SVITLODARSK, Ucrânia – Os soldados ucranianos observam e esperam, espiando nervosamente através de um periscópio de uma trincheira gelada em um posto de observação avançado no leste da Ucrânia.
Os governos ocidentais soaram alarmes de que a Rússia está preparada para atacar a Ucrânia a qualquer momento. O governo Biden está considerando mover tropas, navios de guerra e artilharia para a Europa Oriental e a Otan anunciou na segunda-feira que os países membros estão enviando navios e jatos para a região.
Mas como, exatamente, a ação militar pode começar tornou-se um jogo de adivinhação ansioso para analistas militares, para autoridades ocidentais e ucranianas – e não menos para soldados ucranianos, que provavelmente serão os primeiros a descobrir.
“Prefiro ter paz”, disse Ihor, sargento que é cozinheiro da unidade ucraniana e ofereceu apenas seu primeiro nome e patente, de acordo com as regras militares. “Tenho dois filhos em casa.”
Se ocorrer uma incursão, a maioria dos analistas militares concorda que não começará com uma enorme demonstração de força – tanques rolando sobre a fronteira ou um ataque aéreo repentino e devastador. Em vez disso, começaria com uma ação mais ambígua e limitada que Moscou usaria como justificativa para uma intervenção mais ampla.
Tal ação, dizem autoridades americanas e ucranianas, pode vir de muitas formas diferentes – a apreensão por separatistas apoiados pela Rússia de uma parte disputada de infraestrutura, como uma usina elétrica, por exemplo.
Poderia até começar de forma invisível, com gás flutuando no ar, se a Rússia decidisse encenar um acidente em uma fábrica de amônia nesta área e depois enviar tropas sob o pretexto de controlá-la. Essa possibilidade foi levantada este mês pela agência de inteligência militar da Ucrânia.

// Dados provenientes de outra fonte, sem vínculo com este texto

//! The priorities of dictionaries, and how a file's name gives one.
//!
//! Where a dictionary of a higher priority has entries for a span, those of lower priorities aren't
//! asked for it.

ghost use Rattle.std.specs.Prelude.{◌≡◌, MatchOption, Contains};
ghost use Rattle.ux_apply.specs.Applying.{is_same};
ghost use Rattle.ux_apply.specs.Names.{Gives, IsLastDot, IsPriorityOf, IsStem, DOT};

/// The priority of a dictionary.
#[derive(Clone, Copy)]
pub enum Priority {
    /// Asked first.
    High,
    /// Asked where no dictionary of high priority has an entry.
    Normal,
    /// Asked where no other dictionary has an entry.
    Low,
}

impl Priority {
    /// The priority of the dictionary in a file of this name: high where the name without its
    /// extension ends in a hyphen, low where it ends in a plus sign. Takes no memory.
    pub fn of(name: &str) -> Priority
        ensures { IsPriorityOf name.now result }
    {
        ending(stem(name))
    }

    /// Whether both are the same.
    pub(crate) fn is(self, other: Priority) -> bool
        ensures { result ≡ is_same self other }
    {
        self == other
    }
}

/// The priority of a name that ends so.
fn ending(stem: &[u8]) -> Priority
    ensures { Gives stem.now result }
{
    match stem.last() {
        Some(b'-') => Priority::High,
        Some(b'+') => Priority::Low,
        _ => Priority::Normal,
    }
}

/// The name without its extension.
fn stem(name: &str) -> &[u8]
    ensures { IsStem name.now result.now }
{
    match last_dot(name) {
        Some(place) => &name.as_bytes()[..place],
        None => name.as_bytes(),
    }
}

/// The place of the last dot.
fn last_dot(name: &str) -> Option<usize>
    ensures { MatchOption result (Contains name.now DOT → ⊥) (IsLastDot name.now) }
{
    name.rfind('.')
}
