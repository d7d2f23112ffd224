//! Places in the automaton of an image.

ghost use Rattle.std.specs.Prelude.{◌≡◌, ◌↔◌, ◌++◌, ℕ, List, All, IsTrue, IfOk};
ghost use Rattle.ux_alphabet.specs.Letters.{Letters};
ghost use Rattle.ux_dela.specs.Sound.{IsSound};
ghost use Rattle.ux_dela.specs.declared.entry.Entry.{Entry};
ghost use Rattle.ux_dict.specs.Forms.{IsFitting, MayBegin};
ghost use Rattle.ux_image_lexicon.specs.Places.{IsReachedInImage};

use crate::coded::Coded;
use crate::entries::{each_once, entries_told};
use std::alloc::Global;
use ux_alphabet::Alphabet;
use ux_base::Mem;
use ux_dela::Entry;
use ux_image_look_ups as look_ups;
use ux_image_look_ups::Place;

/// A place in the automaton of an image.
#[derive(Drop)]
pub struct ImageReached<'a> {
    pub(crate) coded: &'a Coded,
    /// The states to which the text so far leads.
    pub(crate) states: Place,
}

impl<'a> ImageReached<'a> {
    /// Where the text so far leads with this one behind it. Halves the edges of each state on the way,
    /// or takes a look at each where several letters fit the character, once for each state to which
    /// the text leads. Takes memory where these are several.
    pub fn go_on(&self, alloc: Global, text: &str, alphabet: &Alphabet) -> Mem<ImageReached<'a>>
        ensures { IfOk result (λ next. (content : List Entry) (front : List ℕ) →
            IsReachedInImage alphabet.now content front self.now →
            IsReachedInImage alphabet.now content (front ++ text.now) next) }
    {
        let states = look_ups::go_on(alloc, self.coded.states(), &self.states, text, alphabet)?;
        Ok(ImageReached {
            coded: self.coded,
            states,
        })
    }

    /// Whether some form begins with characters that fit the text so far, one by one.
    pub fn may_go_on(&self) -> bool
        ensures { (alphabet : Letters) (content : List Entry) (text : List ℕ) →
            IsReachedInImage alphabet content text self.now →
            (IsTrue result ↔ MayBegin alphabet text content) }
    {
        look_ups::may_go_on(self.coded.states(), &self.states)
    }

    /// The entries whose form fits the text that led here character by character, in the order of the
    /// content. They are made of their forms and codes. Takes no memory where no form ends here. Where
    /// several letters fit a character, the text is gone along once more.
    pub fn ending(&self, alloc: Global, text: &str, alphabet: &Alphabet) -> Mem<Vec<Entry>>
        ensures found { IfOk result (λ found. (content : List Entry) →
            IsReachedInImage alphabet.now content text.now self.now →
            IsFitting alphabet.now text.now content found.items) }
        ensures sound { IfOk result (λ found. (content : List Entry) →
            IsReachedInImage alphabet.now content text.now self.now → All IsSound found.items) }
    {
        let states = self.coded.states();
        let forms = look_ups::ending(alloc, states, &self.states, text, alphabet)?;
        let entries = entries_told(alloc, self.coded.lists(), &forms)?;
        each_once(alloc, entries)
    }
}
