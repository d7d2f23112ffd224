//! Lists whose codes make as many entries of any form as they are.
//!
//! Most codes of a list differ in more than the lemma that they make, so their entries differ
//! whatever the form is. That is found once for each list.

ghost use Rattle.std.specs.Prelude.{◌≡◌, IfOk, IsTrue, false, slice_get};
ghost use Rattle.std.specs.Option.{unwrap_or};
ghost use Rattle.ux_image_lexicon.specs.Counting.{bare_of, AreApart, IsApart};

use crate::codes::{ReadCode, ReadList};
use std::alloc::Global;
use ux_base::{Mem, Txt};
use ux_dela::{Codes, Entry};
use ux_dict::different;

/// A flag for each list, which is true where its codes make as many entries of any form.
pub(crate) fn lists_apart(alloc: Global, lists: &[ReadList]) -> Mem<Vec<bool>>
    ensures { IfOk result (λ flags. AreApart lists.now flags.items) }
{
    let mut flags = Vec::new(alloc);
    for list in lists {
        flags.push(is_apart(alloc, list.codes.as_slice())?)?;
    }
    Ok(flags)
}

/// The flag of this number; false, where there is none.
pub(crate) fn flag_at(flags: &[bool], number: u32) -> bool
    ensures { result ≡ unwrap_or (slice_get flags.now number) false }
{
    match flags.get(number as usize) {
        Some(flag) => *flag,
        None => false,
    }
}

/// Whether the codes differ in more than the lemmas that they make.
fn is_apart(alloc: Global, codes: &[ReadCode]) -> Mem<bool>
    ensures { IfOk result (λ apart. IsTrue apart → IsApart codes.now) }
{
    let mut bare = Vec::new(alloc);
    for code in codes {
        bare.push(bare_entry(alloc, code)?)?;
    }
    Ok(different(alloc, bare)?.len() == codes.len())
}

/// An entry of these codes, without form and lemma.
fn bare_entry(alloc: Global, code: &ReadCode) -> Mem<Entry>
    ensures { IfOk result (λ entry. entry ≡ bare_of code.now) }
{
    let Codes { gram, sem, infl } = code.codes.copy()?;
    Ok(Entry {
        form: Txt::from_str(alloc, "")?,
        lemma: Txt::from_str(alloc, "")?,
        gram,
        sem,
        infl,
    })
}
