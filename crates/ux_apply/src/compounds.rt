//! The compound entries of a text: those of spans of two or more tokens.

ghost use Rattle.std.specs.Prelude.{◌≡◌, ◌↔◌, All, ◌<◌, ◌≤◌, ◌∷◌, ◌++◌, ◌≢◌, ℕ, List, [], IfOk, IsTrue, OnOk, IsSomeAnd, length, map, slice_get, slice_range};
ghost use Rattle.std.specs.List.{AllZip};
ghost use Rattle.ux_dela.specs.Sound.{IsSound};
ghost use Rattle.ux_dela.specs.declared.entry.Entry.{Entry};
ghost use Rattle.ux_tokens.specs.Numbers.{different_texts};
ghost use Rattle.ux_tokens.specs.Tokens.{joined};
ghost use Rattle.ux_lexical_tables.specs.Kept.{row_of};
ghost use Rattle.ux_lexical_tables.specs.Spans.{MayBound, MayStand, text_of};
ghost use Rattle.ux_lexical_tables.specs.Tables.{IsSimpleForm};
ghost use Rattle.ux_apply.specs.Applying.{contents};
ghost use Rattle.ux_apply.specs.Cursors.{AreReachedBy, WhereLedBy};
ghost use Rattle.ux_apply.specs.declared.priority.Priority.{Priority};
ghost use Rattle.ux_apply.specs.Kept.{AreRowsUpTo, AreSoundMembers, IsNearestLast, IsFront, IsStart};
ghost use Rattle.ux_apply.specs.Applied.{AreOfSpan, IsCompoundRow};

use crate::applying::applying_there;
use crate::cursors::{Cursor, begin, go_on, may_go_on};
use crate::priority::Priority;
use crate::starts::{Start, nearest_last, start_at};
use crate::tagged::is_simple;
use std::alloc::{AllocError, Global};
use std::collections::BTreeMap;
use ux_alphabet::Alphabet;
use ux_base::Mem;
use ux_dela::Entry;
use ux_lexical_tables::Rows;
use ux_lexical_tables::spans::{may_bound, may_stand};
use ux_lexicon::Lexicon;
use ux_tokens::Text;

/// The compound entries of the text. From each token the dictionaries are gone along once, as far as
/// some form may begin with the tokens.
pub(crate) fn compounds<L: Lexicon>(
    alloc: Global,
    text: &Text,
    starts: &[Start],
    alphabet: &Alphabet,
    dics: &[(Priority, L)],
) -> Mem<Rows>
    requires { AllZip (IsStart alphabet.now (contents L.content dics.now))
        (different_texts text.now) starts.now }
    ensures rows { IfOk result
        (AreRowsUpTo (IsCompoundRow alphabet.now (contents L.content dics.now) text.now)
        (length text.now)) }
    ensures sound { IfOk result (AreRowsUpTo (λ _. AreSoundMembers) (length text.now)) }
{
    let mut rows = BTreeMap::new(alloc);
    for first in 0..text.len() {
        let row = row_from(alloc, text, first, starts, alphabet, dics)?;
        put_row(&mut rows, first, row)?;
    }
    Ok(rows)
}

/// Keeps the row, with no room beyond it, if it isn't empty.
pub(crate) fn put_row<T: Drop>(
    rows: &mut BTreeMap<usize, Vec<T>>,
    first: usize,
    mut row: Vec<T>,
) -> Mem<()>
    ensures here { OnOk result (row_of rows.old first ≡ [] → row_of rows.new first ≡ row.items) }
    ensures others { OnOk result ((other : ℕ) → other ≢ first →
        row_of rows.new other ≡ row_of rows.old other) }
{
    if !row.is_empty() {
        row.shrink_to_fit();
        rows.insert(first, row)?;
    }
    Ok(())
}

/// The compound entries that begin at a token.
fn row_from<L: Lexicon>(
    alloc: Global,
    text: &Text,
    first: usize,
    starts: &[Start],
    alphabet: &Alphabet,
    dics: &[(Priority, L)],
) -> Mem<Vec<(usize, Entry)>>
    requires started { AllZip (IsStart alphabet.now (contents L.content dics.now))
        (different_texts text.now) starts.now }
    requires within { first < length text.now }
    ensures row { IfOk result (λ row.
        IsCompoundRow alphabet.now (contents L.content dics.now) text.now first row.items) }
    ensures sound { IfOk result (λ row. AreSoundMembers row.items) }
{
    if let Some(entry) = text.tag(first) {
        return own_row(alloc, first, entry, alphabet);
    }
    if !may_bound(text.kind(first)) {
        return Ok(Vec::new(alloc));
    }
    let start = start_at(starts, text.number(first));
    match nearest_last(text, first, start) {
        Some(last) => spans_from(alloc, text, first, last, alphabet, dics),
        None => Ok(Vec::new(alloc)),
    }
}

/// The own compound entry of a tag at the place, if the form has a character that is no letter.
fn own_row(
    alloc: Global,
    place: usize,
    entry: &Entry,
    alphabet: &Alphabet,
) -> Mem<Vec<(usize, Entry)>>
    ensures letters { IfOk result (λ row. IsSimpleForm alphabet.now entry.now → row.items ≡ []) }
    ensures others { IfOk result (λ row. (IsSimpleForm alphabet.now entry.now → ⊥) →
        row.items ≡ (place, entry.now) ∷ []) }
    ensures sound { IfOk result (λ row. IsSound entry.now → AreSoundMembers row.items) }
{
    let mut row = Vec::new(alloc);
    if is_simple(entry, alphabet) {
        return Ok(row);
    }
    row.push((place, entry.copy()?))?;
    Ok(row)
}

/// The compound entries of the spans that begin at a token, from the one with this last token on,
/// one span after the other. Goes along the dictionaries once.
fn spans_from<L: Lexicon>(
    alloc: Global,
    text: &Text,
    first: usize,
    nearest: usize,
    alphabet: &Alphabet,
    dics: &[(Priority, L)],
) -> Mem<Vec<(usize, Entry)>>
    requires begins { IsSomeAnd (slice_get text.now first) (λ token. MayBound token.kind) }
    requires from { IsNearestLast text.now first nearest }
    requires within { first < length text.now }
    ensures row { IfOk result (λ row.
        IsCompoundRow alphabet.now (contents L.content dics.now) text.now first row.items) }
    ensures sound { IfOk result (λ row. AreSoundMembers row.items) }
{
    let mut row = Vec::new(alloc);
    let mut cursors = begin(alloc, dics)?;
    // The first token by which the dictionaries haven't been gone along.
    let mut next = first;
    for last in nearest..text.len() {
        if !may_stand(text.kind(last)) {
            return Ok(row);
        }
        cursors = go_on_to(alloc, &cursors, text, next, last, alphabet)?;
        if !may_go_on(&cursors) {
            return Ok(row);
        }
        next = last + 1;
        let entries = entries_to(alloc, text, first, last, &cursors, alphabet)?;
        push_row(&mut row, last, entries)?;
    }
    Ok(row)
}

/// Where the tokens so far lead with the next ones up to this last one.
fn go_on_to<'a>(
    alloc: Global,
    cursors: &[Cursor<'a>],
    text: &Text,
    next: usize,
    last: usize,
    alphabet: &Alphabet,
) -> Mem<Vec<Cursor<'a>>>
    requires in_order { next ≤ last }
    requires within { last < length text.now }
    ensures { IfOk result (λ all. (dics : List (Priority × List Entry)) (first : ℕ) → first ≤ next →
        AreReachedBy alphabet.now dics (joined (slice_range text.now first next)) cursors.now →
        AreReachedBy alphabet.now dics (text_of text.now first last) all.items) }
{
    go_on(alloc, cursors, text.slice(next, last), alphabet)
}

/// Puts the entries last, with their last token.
fn push_row(
    row: &mut Vec<(usize, Entry)>,
    last: usize,
    entries: Vec<Entry>,
) -> Result<(), AllocError>
    ensures { OnOk result
        (row.new.items ≡ row.old.items ++ map (λ entry. (last, entry)) entries.items) }
{
    for entry in entries {
        row.push((last, entry))?;
    }
    Ok(())
}

/// The entries of a span of two or more tokens, if it is one. Its text led to the cursors.
fn entries_to(
    alloc: Global,
    text: &Text,
    first: usize,
    last: usize,
    cursors: &[Cursor<'_>],
    alphabet: &Alphabet,
) -> Mem<Vec<Entry>>
    requires longer { first < last }
    requires within { last < length text.now }
    requires front { IsFront text.now first last }
    ensures entries { IfOk result (λ entries.
        WhereLedBy alphabet.now (text_of text.now first last) cursors.now
        (λ dics. AreOfSpan alphabet.now dics text.now first last entries.items)) }
    ensures sound { IfOk result (λ entries.
        WhereLedBy alphabet.now (text_of text.now first last) cursors.now
        (λ _. All IsSound entries.items)) }
{
    if !may_bound(text.kind(last)) {
        return Ok(Vec::new(alloc));
    }
    applying_there(alloc, cursors, text.slice(first, last), alphabet)
}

A Ucrânia estima que a Rússia tenha cerca de 127.000 soldados perto de suas fronteiras. O acúmulo, disse Dmitry Adamsky, especialista em política de segurança russa da Universidade Reichman em Israel, “é visível o suficiente para permitir que as pessoas imaginem uma série de cenários que podem acontecer. Ao mesmo tempo, é incerto o suficiente para esconder a intenção estratégica.”
A Rússia negou repetidamente nas últimas semanas que tenha planos de invadir a Ucrânia e disse que é a Rússia cuja segurança está ameaçada – por exercícios da Otan perto de suas fronteiras e remessas de armas para a Ucrânia.
Analistas dizem que a Rússia tem um rico repertório de truques que tornam quase impossível adivinhar um primeiro movimento. Ele demonstrou isso com sua primeira incursão na Ucrânia em 2014. Na época, soldados misteriosos e mascarados apareceram na Crimeia em uma intervenção militar que a Rússia inicialmente negou, mas depois reconheceu. Soldados russos supostamente “de férias” ou “voluntários” apareceram no leste da Ucrânia no final daquele ano.
Na verdade, quase todas as intervenções militares soviéticas e russas do último meio século, da Primavera de Praga ao Afeganistão e à guerra na Chechênia, começaram com uma operação de disfarce ou desorientação, destinada a semear confusão.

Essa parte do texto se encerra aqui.